__Work task__
Lines containing the word "tells" in the data below: say how many, with no other text.

■ ■ ■ ■ ■

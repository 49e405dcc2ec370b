// SPDX-License-Identifier: ISC
//! Answers the lines of standard input on standard output, as the library `ring_bench` says.
//!
//! Answers are written together: where their room is full, before more of the text is read, and at
//! the end, before the status tells how it went.
//!
//! The exit status is 0 for a text without a bad line, 1 for a text with one, and 2 where the run
//! stopped, with the reason on standard error. Arguments are ignored.
#![tactic(auto)]

use crate::gatherer::{Gatherer, Input, Output};
use ring_bench::{BenchError, Status, outcome, run};
use std::alloc::Global;
use std::cell::RefCell;
use std::io::{Stdin, Stdout};
use std::process::ExitCode;

mod gatherer;

/// As `run`, over standard input and standard output.
fn run_gathered(alloc: Global, stdin: Stdin, stdout: Stdout) -> Result<Status, BenchError> {
    let answers = RefCell::new(Gatherer::new(stdout));
    let mut input = Input::new(stdin, &answers);
    let mut output = Output::new(&answers);
    let result = run(alloc, &mut input, &mut output);
    answers.into_inner().end(result)
}

fn main(rt: HostRuntime) -> ExitCode {
    let (status, text) = outcome(&run_gathered(rt.alloc(), rt.stdin(), rt.stdout()));
    if !text.is_empty() {
        // Where standard error fails too, the status still tells.
        let _ = eprintln!(rt; "{text}");
    }
    ExitCode::from(status)
}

■ ■ ■ ■ ■

__Solution for this task__
2